**WHAT TO PRODUCE**
Write out every line exactly, from the first line of the records below through the line that contains "an empty one.".

BEGIN INFORMATION

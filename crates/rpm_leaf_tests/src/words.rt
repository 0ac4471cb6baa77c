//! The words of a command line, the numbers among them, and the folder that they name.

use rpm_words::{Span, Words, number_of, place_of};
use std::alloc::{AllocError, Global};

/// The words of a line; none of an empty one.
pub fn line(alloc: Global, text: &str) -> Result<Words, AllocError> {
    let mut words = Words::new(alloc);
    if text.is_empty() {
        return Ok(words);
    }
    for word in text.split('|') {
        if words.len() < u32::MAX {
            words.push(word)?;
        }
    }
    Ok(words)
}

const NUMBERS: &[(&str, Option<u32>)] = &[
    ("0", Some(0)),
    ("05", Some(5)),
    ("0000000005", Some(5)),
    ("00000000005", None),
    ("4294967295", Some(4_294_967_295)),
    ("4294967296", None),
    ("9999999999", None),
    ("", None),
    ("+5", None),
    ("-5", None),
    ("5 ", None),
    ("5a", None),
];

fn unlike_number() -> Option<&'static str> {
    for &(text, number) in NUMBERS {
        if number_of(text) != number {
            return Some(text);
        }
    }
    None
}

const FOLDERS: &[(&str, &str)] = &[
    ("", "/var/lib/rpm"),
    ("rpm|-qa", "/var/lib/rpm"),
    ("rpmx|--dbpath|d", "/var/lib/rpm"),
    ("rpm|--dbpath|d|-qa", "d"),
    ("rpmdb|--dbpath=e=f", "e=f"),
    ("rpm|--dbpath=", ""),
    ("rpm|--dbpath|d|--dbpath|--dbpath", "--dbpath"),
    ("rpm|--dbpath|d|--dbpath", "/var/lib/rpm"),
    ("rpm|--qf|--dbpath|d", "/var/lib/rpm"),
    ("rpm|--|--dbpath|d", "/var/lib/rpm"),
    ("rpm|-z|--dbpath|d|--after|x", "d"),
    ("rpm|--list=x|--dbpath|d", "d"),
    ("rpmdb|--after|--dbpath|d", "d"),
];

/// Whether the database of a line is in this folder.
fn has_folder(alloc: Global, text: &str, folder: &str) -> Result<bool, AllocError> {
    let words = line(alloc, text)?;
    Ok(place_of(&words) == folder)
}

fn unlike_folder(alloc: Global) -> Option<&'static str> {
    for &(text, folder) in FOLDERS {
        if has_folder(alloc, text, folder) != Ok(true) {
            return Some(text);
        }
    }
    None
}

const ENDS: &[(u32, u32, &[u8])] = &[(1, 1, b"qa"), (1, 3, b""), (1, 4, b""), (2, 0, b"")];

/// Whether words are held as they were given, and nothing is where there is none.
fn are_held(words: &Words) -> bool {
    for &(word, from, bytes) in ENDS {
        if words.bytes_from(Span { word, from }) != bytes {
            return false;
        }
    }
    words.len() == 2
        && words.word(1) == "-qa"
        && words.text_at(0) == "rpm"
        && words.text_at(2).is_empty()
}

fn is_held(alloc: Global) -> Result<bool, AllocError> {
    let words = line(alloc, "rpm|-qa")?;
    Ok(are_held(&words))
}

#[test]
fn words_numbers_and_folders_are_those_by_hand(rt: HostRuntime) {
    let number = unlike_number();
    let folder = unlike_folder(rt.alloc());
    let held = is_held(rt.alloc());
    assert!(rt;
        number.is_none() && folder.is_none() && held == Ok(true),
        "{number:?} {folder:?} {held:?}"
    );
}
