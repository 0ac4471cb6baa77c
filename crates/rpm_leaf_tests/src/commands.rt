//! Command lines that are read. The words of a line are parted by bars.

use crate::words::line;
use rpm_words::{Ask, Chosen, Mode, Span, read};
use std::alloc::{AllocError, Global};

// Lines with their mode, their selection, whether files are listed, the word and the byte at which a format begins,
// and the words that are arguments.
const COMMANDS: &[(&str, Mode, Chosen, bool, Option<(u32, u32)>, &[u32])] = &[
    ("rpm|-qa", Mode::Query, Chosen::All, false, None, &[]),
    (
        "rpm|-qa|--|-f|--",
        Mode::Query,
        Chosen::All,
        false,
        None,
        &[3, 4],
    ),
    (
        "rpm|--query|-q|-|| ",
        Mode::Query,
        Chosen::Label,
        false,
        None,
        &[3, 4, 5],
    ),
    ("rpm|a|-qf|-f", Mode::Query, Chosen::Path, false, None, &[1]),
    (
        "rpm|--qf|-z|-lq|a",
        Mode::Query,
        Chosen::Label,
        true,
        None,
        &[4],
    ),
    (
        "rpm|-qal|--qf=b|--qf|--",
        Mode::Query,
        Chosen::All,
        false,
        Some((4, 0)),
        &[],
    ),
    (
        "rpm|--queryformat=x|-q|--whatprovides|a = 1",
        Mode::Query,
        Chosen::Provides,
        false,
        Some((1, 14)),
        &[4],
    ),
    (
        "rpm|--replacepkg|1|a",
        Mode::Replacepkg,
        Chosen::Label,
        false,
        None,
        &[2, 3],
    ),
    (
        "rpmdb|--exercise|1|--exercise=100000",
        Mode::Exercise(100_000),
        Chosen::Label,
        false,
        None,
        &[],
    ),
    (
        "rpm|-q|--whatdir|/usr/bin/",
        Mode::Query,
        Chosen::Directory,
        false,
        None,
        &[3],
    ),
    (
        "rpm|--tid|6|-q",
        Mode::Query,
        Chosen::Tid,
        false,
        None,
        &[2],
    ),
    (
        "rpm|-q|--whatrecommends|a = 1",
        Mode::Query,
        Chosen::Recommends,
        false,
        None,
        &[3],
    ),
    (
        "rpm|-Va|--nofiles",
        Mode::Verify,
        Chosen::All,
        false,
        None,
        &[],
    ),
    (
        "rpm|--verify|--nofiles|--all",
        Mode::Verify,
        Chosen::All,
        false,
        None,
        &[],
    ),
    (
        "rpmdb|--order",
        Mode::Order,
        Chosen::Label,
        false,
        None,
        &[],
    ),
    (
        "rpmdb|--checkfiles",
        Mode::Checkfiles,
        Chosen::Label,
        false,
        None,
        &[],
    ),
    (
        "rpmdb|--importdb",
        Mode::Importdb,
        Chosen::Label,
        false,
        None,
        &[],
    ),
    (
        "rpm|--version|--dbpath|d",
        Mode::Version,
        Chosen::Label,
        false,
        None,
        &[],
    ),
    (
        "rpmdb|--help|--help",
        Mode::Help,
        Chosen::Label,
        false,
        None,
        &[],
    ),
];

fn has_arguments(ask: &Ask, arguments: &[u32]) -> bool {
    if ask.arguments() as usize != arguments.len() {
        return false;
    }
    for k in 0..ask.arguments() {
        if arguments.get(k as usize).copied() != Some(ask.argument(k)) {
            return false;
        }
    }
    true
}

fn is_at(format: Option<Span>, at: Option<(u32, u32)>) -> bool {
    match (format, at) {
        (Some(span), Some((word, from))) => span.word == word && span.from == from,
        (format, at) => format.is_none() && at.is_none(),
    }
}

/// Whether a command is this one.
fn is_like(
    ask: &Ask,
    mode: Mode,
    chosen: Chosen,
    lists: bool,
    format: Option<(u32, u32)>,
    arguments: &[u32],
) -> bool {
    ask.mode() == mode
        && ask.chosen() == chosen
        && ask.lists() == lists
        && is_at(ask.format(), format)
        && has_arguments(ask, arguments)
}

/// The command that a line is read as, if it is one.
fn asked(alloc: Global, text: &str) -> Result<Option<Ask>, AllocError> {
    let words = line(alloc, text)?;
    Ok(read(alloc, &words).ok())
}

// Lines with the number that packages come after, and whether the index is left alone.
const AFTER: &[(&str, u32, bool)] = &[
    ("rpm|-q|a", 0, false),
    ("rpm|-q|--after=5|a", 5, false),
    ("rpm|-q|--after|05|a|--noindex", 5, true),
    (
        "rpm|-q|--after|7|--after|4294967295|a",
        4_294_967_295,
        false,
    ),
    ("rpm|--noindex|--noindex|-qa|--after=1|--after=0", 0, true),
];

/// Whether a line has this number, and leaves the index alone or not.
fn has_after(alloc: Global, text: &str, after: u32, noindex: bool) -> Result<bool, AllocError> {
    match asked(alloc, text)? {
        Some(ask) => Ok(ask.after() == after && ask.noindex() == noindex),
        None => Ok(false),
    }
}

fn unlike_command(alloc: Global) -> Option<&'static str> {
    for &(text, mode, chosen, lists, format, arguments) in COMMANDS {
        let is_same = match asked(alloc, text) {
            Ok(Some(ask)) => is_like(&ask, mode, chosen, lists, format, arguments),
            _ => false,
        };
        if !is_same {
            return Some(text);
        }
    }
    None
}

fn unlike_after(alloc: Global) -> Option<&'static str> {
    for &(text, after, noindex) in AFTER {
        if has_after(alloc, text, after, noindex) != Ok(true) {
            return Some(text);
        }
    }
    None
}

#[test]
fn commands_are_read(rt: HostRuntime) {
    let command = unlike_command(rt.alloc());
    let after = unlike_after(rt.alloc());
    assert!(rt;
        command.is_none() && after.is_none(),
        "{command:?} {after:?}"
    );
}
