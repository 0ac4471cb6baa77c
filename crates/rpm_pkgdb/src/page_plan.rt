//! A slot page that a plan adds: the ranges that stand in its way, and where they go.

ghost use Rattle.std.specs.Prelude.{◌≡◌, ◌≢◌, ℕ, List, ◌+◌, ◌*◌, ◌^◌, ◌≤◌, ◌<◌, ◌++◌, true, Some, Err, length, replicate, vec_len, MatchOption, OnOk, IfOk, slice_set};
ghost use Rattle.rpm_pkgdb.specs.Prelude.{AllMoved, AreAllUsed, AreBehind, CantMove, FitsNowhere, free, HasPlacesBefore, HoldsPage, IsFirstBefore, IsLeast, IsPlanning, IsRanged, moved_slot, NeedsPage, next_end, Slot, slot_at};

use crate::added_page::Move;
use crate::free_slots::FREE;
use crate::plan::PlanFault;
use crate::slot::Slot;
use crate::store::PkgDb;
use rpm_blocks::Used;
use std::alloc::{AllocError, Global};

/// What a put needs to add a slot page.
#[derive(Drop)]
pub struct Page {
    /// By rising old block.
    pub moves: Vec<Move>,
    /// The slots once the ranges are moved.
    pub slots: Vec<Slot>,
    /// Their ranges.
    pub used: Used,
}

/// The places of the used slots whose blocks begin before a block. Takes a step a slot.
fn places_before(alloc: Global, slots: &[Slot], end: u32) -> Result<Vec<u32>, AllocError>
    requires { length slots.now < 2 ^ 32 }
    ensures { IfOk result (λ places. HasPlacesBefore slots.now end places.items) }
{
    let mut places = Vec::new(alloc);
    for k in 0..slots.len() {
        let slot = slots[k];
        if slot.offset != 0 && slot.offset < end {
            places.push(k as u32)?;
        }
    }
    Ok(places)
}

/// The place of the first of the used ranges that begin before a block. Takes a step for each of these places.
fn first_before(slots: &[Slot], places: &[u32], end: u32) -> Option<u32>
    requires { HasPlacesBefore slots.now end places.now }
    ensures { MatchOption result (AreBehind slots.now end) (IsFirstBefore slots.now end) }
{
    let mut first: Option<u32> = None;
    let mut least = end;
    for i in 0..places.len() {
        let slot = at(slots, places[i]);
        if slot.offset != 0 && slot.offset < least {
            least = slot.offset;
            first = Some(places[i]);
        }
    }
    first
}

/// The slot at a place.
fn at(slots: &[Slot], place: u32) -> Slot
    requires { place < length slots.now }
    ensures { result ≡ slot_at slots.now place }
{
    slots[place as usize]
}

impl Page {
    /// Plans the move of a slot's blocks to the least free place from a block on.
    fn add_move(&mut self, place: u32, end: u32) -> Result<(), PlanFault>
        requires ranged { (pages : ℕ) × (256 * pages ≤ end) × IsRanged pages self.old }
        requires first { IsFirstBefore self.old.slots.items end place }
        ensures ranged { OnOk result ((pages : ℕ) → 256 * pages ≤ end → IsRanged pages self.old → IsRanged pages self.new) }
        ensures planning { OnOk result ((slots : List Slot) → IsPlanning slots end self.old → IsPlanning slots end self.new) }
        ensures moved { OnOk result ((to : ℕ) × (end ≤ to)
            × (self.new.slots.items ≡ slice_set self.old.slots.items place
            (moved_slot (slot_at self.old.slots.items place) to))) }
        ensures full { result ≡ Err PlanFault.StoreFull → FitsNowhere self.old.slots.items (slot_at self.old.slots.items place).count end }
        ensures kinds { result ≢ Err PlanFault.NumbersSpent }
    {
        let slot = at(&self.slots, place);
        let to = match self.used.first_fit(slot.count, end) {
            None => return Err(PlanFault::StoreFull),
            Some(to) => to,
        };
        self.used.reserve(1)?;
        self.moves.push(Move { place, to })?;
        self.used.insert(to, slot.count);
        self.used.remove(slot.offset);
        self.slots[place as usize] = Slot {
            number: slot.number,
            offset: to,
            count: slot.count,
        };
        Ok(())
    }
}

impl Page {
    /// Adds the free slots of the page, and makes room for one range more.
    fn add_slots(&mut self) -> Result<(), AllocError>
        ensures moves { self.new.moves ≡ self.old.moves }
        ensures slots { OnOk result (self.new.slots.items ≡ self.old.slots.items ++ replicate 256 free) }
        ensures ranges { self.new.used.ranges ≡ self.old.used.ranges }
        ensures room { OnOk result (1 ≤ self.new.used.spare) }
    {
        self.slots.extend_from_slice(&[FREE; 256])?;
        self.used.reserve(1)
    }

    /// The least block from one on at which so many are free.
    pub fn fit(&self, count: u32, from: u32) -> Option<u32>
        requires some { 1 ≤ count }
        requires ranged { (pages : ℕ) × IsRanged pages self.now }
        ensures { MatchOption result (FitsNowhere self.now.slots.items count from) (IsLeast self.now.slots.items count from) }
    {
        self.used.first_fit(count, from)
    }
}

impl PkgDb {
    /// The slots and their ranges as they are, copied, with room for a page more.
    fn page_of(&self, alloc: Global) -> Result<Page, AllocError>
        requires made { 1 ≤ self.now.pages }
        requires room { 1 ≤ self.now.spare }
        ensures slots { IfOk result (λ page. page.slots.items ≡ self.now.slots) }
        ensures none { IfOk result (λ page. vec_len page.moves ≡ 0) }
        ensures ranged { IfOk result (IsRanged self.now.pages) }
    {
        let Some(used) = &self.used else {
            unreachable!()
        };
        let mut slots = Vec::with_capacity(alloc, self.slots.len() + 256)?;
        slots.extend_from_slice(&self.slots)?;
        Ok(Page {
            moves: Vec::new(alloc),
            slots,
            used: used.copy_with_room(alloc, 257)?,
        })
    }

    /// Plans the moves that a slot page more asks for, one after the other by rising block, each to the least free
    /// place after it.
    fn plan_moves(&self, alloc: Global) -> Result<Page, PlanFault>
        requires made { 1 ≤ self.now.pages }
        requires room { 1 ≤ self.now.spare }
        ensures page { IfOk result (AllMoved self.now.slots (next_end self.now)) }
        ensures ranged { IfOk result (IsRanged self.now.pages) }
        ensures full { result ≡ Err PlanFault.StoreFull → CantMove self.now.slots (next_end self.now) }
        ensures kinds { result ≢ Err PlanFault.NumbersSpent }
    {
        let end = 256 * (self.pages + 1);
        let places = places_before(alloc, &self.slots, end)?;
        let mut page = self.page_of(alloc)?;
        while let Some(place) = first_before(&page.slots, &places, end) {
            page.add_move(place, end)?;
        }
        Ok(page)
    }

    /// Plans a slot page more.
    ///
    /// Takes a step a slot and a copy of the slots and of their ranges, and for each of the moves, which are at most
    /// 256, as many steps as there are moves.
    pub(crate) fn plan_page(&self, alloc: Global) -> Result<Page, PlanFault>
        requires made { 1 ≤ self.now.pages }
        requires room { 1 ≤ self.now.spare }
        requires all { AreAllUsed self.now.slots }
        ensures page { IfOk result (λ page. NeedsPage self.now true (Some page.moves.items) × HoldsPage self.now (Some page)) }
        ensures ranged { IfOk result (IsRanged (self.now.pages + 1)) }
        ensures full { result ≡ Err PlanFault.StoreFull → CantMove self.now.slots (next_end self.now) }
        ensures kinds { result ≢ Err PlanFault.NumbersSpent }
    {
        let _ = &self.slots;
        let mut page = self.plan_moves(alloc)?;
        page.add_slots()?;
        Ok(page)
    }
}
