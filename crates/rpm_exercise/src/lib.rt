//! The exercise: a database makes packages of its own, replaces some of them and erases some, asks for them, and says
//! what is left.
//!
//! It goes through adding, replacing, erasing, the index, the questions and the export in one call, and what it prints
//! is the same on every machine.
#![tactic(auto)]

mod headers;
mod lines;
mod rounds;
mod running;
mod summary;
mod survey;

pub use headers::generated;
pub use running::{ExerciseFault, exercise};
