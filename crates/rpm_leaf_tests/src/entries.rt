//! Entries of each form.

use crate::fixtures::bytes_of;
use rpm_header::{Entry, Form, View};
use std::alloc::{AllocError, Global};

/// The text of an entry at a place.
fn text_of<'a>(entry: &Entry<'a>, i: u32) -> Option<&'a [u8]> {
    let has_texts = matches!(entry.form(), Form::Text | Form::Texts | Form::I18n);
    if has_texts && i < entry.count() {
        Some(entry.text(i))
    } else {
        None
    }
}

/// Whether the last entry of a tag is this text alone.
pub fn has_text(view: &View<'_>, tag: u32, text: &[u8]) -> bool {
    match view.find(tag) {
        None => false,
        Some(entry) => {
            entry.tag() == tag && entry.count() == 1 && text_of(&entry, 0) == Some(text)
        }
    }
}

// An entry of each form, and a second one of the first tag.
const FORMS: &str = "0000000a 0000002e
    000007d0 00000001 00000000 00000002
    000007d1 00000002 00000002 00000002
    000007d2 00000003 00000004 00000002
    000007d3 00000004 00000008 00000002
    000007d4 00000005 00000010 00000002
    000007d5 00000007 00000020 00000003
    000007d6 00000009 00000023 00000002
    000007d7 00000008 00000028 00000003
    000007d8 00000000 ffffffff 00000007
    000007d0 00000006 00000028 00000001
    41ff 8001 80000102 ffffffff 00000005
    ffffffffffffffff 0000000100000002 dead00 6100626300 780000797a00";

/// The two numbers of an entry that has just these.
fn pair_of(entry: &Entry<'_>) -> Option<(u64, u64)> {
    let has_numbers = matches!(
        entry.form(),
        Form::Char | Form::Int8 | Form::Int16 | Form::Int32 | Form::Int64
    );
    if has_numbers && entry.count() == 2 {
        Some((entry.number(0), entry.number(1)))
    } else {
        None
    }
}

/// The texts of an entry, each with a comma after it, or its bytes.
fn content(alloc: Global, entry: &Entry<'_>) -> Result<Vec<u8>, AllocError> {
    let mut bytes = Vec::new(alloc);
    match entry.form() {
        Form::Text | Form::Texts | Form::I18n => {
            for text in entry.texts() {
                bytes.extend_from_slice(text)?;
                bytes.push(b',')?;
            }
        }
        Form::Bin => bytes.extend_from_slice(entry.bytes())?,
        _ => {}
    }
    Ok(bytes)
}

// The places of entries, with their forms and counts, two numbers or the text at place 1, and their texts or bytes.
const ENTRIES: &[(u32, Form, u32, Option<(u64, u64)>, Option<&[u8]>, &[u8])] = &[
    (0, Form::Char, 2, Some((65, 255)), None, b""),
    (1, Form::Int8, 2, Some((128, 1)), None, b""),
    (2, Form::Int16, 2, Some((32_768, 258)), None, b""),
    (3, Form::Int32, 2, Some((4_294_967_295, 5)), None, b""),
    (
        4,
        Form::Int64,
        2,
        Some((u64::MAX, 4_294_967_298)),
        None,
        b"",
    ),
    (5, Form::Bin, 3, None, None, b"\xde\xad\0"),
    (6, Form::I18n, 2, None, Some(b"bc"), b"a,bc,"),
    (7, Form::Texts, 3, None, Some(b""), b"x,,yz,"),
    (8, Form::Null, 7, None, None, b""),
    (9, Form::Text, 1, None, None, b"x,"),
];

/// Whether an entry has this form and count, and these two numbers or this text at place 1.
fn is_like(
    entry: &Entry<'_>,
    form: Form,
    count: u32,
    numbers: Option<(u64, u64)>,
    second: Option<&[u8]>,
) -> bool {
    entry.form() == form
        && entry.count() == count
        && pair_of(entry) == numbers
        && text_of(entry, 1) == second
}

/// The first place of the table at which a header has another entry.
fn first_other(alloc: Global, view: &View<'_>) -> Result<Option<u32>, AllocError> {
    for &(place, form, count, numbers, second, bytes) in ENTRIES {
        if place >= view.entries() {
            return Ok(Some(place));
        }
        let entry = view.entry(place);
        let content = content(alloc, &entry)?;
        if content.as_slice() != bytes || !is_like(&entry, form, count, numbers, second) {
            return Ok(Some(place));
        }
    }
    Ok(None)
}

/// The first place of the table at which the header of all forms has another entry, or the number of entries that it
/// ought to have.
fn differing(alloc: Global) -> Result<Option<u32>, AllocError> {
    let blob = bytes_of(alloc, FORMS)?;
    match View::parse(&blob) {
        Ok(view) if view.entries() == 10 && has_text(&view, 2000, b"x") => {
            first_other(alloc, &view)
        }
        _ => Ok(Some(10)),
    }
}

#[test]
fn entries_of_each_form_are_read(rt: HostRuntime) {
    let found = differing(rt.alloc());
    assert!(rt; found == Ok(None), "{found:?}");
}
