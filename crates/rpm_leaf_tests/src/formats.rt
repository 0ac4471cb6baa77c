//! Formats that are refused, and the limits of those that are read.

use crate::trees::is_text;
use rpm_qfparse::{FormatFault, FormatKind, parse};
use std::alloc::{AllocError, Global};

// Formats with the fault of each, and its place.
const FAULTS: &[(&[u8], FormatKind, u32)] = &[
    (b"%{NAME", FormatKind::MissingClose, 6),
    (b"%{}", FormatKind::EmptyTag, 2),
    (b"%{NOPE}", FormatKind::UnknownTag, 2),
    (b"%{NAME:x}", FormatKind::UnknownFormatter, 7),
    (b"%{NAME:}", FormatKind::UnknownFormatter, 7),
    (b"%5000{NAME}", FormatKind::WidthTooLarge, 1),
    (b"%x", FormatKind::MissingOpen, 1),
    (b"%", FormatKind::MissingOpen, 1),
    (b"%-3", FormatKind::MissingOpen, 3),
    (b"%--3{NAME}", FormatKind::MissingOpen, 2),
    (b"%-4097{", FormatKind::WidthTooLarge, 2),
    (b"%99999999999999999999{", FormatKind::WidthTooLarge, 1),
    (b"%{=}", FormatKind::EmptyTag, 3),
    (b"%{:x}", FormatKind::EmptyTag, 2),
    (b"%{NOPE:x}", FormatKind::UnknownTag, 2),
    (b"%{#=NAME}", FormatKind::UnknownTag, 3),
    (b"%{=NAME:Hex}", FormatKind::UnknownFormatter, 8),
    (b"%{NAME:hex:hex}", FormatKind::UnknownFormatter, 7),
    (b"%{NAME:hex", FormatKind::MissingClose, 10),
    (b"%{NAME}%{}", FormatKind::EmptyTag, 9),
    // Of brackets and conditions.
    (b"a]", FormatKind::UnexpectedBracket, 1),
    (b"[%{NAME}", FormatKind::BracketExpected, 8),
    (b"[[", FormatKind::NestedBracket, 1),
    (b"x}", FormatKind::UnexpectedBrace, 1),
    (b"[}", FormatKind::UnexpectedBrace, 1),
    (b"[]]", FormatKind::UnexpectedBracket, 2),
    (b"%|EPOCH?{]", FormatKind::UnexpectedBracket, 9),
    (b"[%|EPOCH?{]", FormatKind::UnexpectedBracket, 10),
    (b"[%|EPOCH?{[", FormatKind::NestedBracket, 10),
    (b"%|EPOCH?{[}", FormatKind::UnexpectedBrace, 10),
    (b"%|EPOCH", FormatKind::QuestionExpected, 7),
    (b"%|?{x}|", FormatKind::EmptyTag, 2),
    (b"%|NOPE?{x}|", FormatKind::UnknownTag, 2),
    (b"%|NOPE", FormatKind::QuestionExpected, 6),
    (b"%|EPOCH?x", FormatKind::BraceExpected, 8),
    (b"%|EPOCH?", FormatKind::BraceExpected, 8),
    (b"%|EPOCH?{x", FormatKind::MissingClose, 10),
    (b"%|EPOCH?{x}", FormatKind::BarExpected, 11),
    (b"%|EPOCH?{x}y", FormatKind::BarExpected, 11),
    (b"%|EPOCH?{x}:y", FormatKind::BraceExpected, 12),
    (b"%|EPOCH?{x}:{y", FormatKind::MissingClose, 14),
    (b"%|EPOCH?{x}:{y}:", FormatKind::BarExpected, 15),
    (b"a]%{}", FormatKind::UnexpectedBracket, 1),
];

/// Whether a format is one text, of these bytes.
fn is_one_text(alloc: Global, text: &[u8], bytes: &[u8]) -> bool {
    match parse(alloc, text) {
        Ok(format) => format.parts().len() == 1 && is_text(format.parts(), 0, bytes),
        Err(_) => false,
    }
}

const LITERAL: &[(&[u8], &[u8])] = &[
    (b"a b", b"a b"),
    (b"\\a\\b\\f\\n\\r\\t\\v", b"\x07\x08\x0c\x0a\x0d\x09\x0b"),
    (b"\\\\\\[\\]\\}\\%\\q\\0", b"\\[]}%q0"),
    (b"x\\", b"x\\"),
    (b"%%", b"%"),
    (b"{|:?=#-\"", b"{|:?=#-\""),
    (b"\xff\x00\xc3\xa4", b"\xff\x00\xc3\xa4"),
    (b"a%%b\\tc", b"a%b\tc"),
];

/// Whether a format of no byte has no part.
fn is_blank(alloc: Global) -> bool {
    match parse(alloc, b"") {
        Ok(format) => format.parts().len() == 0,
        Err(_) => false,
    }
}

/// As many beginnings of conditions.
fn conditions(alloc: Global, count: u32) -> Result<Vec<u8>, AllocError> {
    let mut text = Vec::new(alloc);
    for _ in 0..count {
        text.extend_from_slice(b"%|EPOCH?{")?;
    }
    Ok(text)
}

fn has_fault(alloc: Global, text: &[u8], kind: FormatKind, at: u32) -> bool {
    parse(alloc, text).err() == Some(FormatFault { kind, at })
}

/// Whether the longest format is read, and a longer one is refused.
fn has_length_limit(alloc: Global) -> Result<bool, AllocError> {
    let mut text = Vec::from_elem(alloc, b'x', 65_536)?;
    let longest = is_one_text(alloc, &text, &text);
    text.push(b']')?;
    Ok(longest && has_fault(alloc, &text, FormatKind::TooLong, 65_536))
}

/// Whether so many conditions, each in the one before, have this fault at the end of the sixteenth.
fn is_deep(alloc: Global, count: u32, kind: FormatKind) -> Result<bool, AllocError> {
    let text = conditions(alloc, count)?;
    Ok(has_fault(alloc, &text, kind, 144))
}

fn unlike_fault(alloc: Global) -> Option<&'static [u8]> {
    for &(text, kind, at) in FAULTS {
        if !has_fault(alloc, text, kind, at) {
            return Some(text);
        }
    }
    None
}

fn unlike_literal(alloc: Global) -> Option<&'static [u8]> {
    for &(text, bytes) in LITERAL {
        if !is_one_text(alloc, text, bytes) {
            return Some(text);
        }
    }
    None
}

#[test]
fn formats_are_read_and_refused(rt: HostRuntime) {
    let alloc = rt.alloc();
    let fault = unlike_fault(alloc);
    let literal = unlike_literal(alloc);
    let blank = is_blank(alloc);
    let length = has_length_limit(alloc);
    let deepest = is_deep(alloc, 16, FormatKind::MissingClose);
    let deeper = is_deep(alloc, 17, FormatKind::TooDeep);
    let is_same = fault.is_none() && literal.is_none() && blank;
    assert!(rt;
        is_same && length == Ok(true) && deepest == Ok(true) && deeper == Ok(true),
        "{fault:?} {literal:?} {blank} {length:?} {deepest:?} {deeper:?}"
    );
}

END INFORMATION

**OUTPUT FOR THIS EXERCISE**
filename crates/rpm_leaf_tests/src/words.rt
repository 0ac4471cb6baa77c
//! The words of a command line, the numbers among them, and the folder that they name.

use rpm_words::{Span, Words, number_of, place_of};
use std::alloc::{AllocError, Global};

/// The words of a line; none of an empty one.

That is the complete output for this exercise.